От национал-большевизма для некоторых приверженцев этой идеологии пролегла во время войны дорога и к коллаборационизму: те, кто полагали власть коммунистов антипатриотичной, готовы были приветствовать приход фашистов в надежде, что они приведут к власти подлинных русских националистов, поскольку: «Хуже, чем есть, не будет, а хоть церкви-то разрешат и Богу молиться»[52]. Еще в 1939 г., прочитав о подписанном СССР с Германией пакте о ненападении, Шапорина записала: «Рабство, германское иго – так я предпочитаю, чтобы оно было открытым. Пусть на каждом углу стоит немецкий шуцман с резиновой дубинкой в руках и бьет направо и налево русских хамов, пьяниц и подхалимов. Может быть, они тогда поймут, где раки зимуют» (I, 239). Но когда немецкая армия будет нещадно бомбить в декабре 1941 г. Ленинград, она отзовется так: «Какая бессмыслица! Я разочаровываюсь в немецком уме и гитлеровской стратегии. Он может уничтожить и город, и жителей, но пока армия стоит – город не сдадут. Зачем же разрушение?» (I, 283). И в конце концов Шапорина будет с гордостью констатировать: «Победу, войну у нас сумели организовать, надо отдать справедливость. ‹…› Это организовать. А победить мог только русский народ» (I, 423)[53].
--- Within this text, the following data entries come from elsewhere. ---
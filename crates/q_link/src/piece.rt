//! Bytes that come over a link at once. It is an error to make a piece of no byte.
ghost use Rattle.std.specs.Prelude.{◌<◌, ◌≡◌, IfOk, length};

use std::alloc::{AllocError, Global};

/// At least one byte.
#[derive(Drop)]
pub(crate) struct Piece {
    pub bytes: Vec<u8>,
    ghost some: { 0 < length bytes.items },
}

impl Piece {
    pub(crate) fn new(alloc: Global, bytes: &[u8]) -> Result<Piece, AllocError>
        requires { 0 < length bytes.now }
        ensures { IfOk result (λ piece. piece.bytes.items ≡ bytes.now) }
    {
        let bytes = Vec::from_slice(alloc, bytes)?;
        Ok(Piece { bytes })
    }
}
Наконец, третья составляющая патриотизма Шапориной, происходящая от ее активного неприятия правившей страной власти, – антисемитизм. Читатель дневника Шапориной не раз встретит ее разнообразные пассажи в этом роде. Но то будут слова. Вместе с тем, читая тот же дневник, нельзя не увидеть, насколько часто ее поступки и отношения с людьми расходились со словами.
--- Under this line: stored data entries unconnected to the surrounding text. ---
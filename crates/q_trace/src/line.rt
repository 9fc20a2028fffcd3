//! A line that is being written.
ghost use Rattle.std.specs.Prelude.{◌≡◌, ◌++◌, decimal, flat_map, IfOk, map, OnOk};
ghost use Rattle.q_trace.specs.Wording.{spaced_site};
ghost use Rattle.q_model.specs.IdTexts.{id_text};
ghost use Rattle.q_model.specs.TextParts.{text_line};
ghost use Rattle.q_model.specs.Text.{coded, outcome_text, sender_text, spaced, transport_text};
ghost use Rattle.q_transport.specs.Routing.{table_of};

use q_model::{
    Address, Addresses, Bytes, Id, NoMemory, Outcome, Outcomes, Positions, Site, id_name,
};
use q_transport::Table;
use std::alloc::Global;
use std::marker::Model;

/// A line that grows by words, each behind a space. A contract sees it as its bytes.
#[derive(Drop)]
pub(crate) struct TraceLine {
    bytes: Vec<u8>,
}

impl Model for TraceLine {
    ghost use Rattle.std.specs.Prelude.{List, ℕ};

    ghost Value = { List ℕ };

    ghost view = { λ l. l.bytes.items };
}

impl TraceLine {
    pub(crate) fn new(alloc: Global, word: &[u8]) -> Result<TraceLine, NoMemory>
        ensures { IfOk result (λ l. l ≡ word.now) }
    {
        let bytes = Vec::from_slice(alloc, word)?;
        Ok(TraceLine { bytes })
    }

    pub(crate) fn word(&mut self, word: &[u8]) -> Result<(), NoMemory>
        ensures { OnOk result (self.new ≡ self.old ++ spaced word.now) }
    {
        self.bytes.push(b' ')?;
        self.bytes.extend_from_slice(word)?;
        Ok(())
    }

    pub(crate) fn number(&mut self, alloc: Global, number: u64) -> Result<(), NoMemory>
        ensures { OnOk result (self.new ≡ self.old ++ spaced (decimal number)) }
    {
        let digits = number.to_string(alloc)?;
        self.word(digits.as_bytes())
    }

    pub(crate) fn id(&mut self, id: &Id) -> Result<(), NoMemory>
        ensures { OnOk result (self.new ≡ self.old ++ spaced (id_text id.now)) }
    {
        self.word(id_name(*id).bytes())
    }

    /// An address, or `<>` for the null sender.
    pub(crate) fn sender(&mut self, sender: &Option<Address>) -> Result<(), NoMemory>
        ensures { OnOk result (self.new ≡ self.old ++ spaced (sender_text sender.now)) }
    {
        match sender {
            None => self.word(b"<>"),
            Some(address) => self.word(address.bytes()),
        }
    }

    pub(crate) fn addresses(&mut self, addresses: &Addresses) -> Result<(), NoMemory>
        ensures { OnOk result (self.new
            ≡ self.old ++ flat_map spaced (map (λ r. r.address) addresses.now)) }
    {
        for receiver in addresses.as_slice() {
            self.word(receiver.address.bytes())?;
        }
        Ok(())
    }

    /// The name of a transport; empty where the table has no transport of this number.
    pub(crate) fn transport(&mut self, table: &Table, number: u8) -> Result<(), NoMemory>
        ensures { OnOk result (self.new
            ≡ self.old ++ spaced (transport_text (table_of table.now) number)) }
    {
        if number < table.transports() {
            self.word(table.transport_name(number).bytes())
        } else {
            self.word(b"")
        }
    }

    pub(crate) fn site(&mut self, table: &Table, site: &Site) -> Result<(), NoMemory>
        ensures { OnOk result (self.new ≡ self.old ++ spaced_site (table_of table.now) site.now) }
    {
        self.transport(table, site.transport)?;
        self.word(site.hop.bytes())
    }

    pub(crate) fn positions(&mut self, alloc: Global, positions: &Positions) -> Result<(), NoMemory>
        ensures { OnOk result (self.new ≡ self.old ++ flat_map spaced (map decimal positions.now)) }
    {
        for position in positions.as_slice() {
            self.number(alloc, u64::from(*position))?;
        }
        Ok(())
    }

    /// A word, and behind a colon its code, where there is one.
    fn coded(&mut self, alloc: Global, word: &[u8], code: u16) -> Result<(), NoMemory>
        ensures { OnOk result (self.new ≡ self.old ++ spaced (coded word.now code)) }
    {
        self.word(word)?;
        if code != 0 {
            self.bytes.push(b':')?;
            let digits = code.to_string(alloc)?;
            self.bytes.extend_from_slice(digits.as_bytes())?;
        }
        Ok(())
    }

    fn outcome(&mut self, alloc: Global, outcome: Outcome) -> Result<(), NoMemory>
        ensures { OnOk result (self.new ≡ self.old ++ spaced (outcome_text outcome)) }
    {
        match outcome {
            Outcome::Ok => self.word(b"ok"),
            Outcome::Later(code) => self.coded(alloc, b"later", code),
            Outcome::Never(code) => self.coded(alloc, b"never", code),
        }
    }

    pub(crate) fn outcomes(&mut self, alloc: Global, outcomes: &Outcomes) -> Result<(), NoMemory>
        ensures { OnOk result (self.new
            ≡ self.old ++ flat_map spaced (map outcome_text outcomes.now)) }
    {
        for outcome in outcomes.as_slice() {
            self.outcome(alloc, *outcome)?;
        }
        Ok(())
    }

    /// The bytes of the line with its end.
    pub(crate) fn ended(self) -> Result<Bytes, NoMemory>
        ensures { IfOk result (λ bytes. bytes ≡ text_line self) }
    {
        let mut bytes = self.bytes;
        bytes.push(b'\n')?;
        Ok(Bytes::from_vec(bytes))
    }
}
Что из этого следует? То, что, по крайней мере во мнении знавших Шапорину людей, у нее, безусловно, не было репутации антисемитки, а записываемое в этом роде в дневнике не только не проявлялось в ее общении с евреями, но практически дезавуировалось конкретными поступками. Это противоречие свидетельствует, скорее всего, о том, что антисемитизм Шапориной, как составная часть воспитанного в ней с юности патриотизма, был не плодом обдуманного ею мировоззрения, а данью традиционному стереотипу и в значительной степени иррациональным чувством[54].
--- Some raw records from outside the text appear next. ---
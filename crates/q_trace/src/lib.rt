//! The lines of a trace: how each entry is written, and which entry a line is, both against the
//! table that names the transports.
//!
//! A trace is what can be checked of a life from outside, so a line says its whole entry, but for
//! the bytes of an arrived content, and no two entries within the bounds of a trace share a line.
//! Any entry can be written; one whose values are out of these bounds may have a line that isn't
//! read back.
#![tactic(auto)]

mod bodies;
mod error;
mod fields;
mod kind;
mod line;
mod lists;
mod part_texts;
mod parts;
mod reading;
mod writing;

pub use error::EntryError;
pub use reading::read_entry;
pub use writing::entry_text;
В восьмидесятилетнем возрасте, после неоднократных попыток, Шапориной удалось повидаться с братьями, о встрече с которыми она постоянно мечтала на протяжении тридцати с лишним лет[55]. Это было для нее возвращением в родную семью, в молодость – встретилась даже со своими институтскими подругами, о которых никогда не забывала. И здесь, в благополучной Швейцарии, очередной раз ей довелось проявить неизменность своего характера и убеждений: «Мне не хотели верить, что со смертью Сталина прекратился террор, что его больше нет. Милейшая М. Филип. пыталась меня распропагандировать ‹…›, но я ей ответила: “…вот уже сорок два года, как мы отбились от всех, кто надеялся взять Россию голыми руками, и стали сильнее, чем когда-либо”» (II, 386).

Наивная искренность, прямодушие и верность идеалам молодости не покидали ее до конца жизни.

Любовь Васильевна Шапорина умерла 17 мая 1967 года.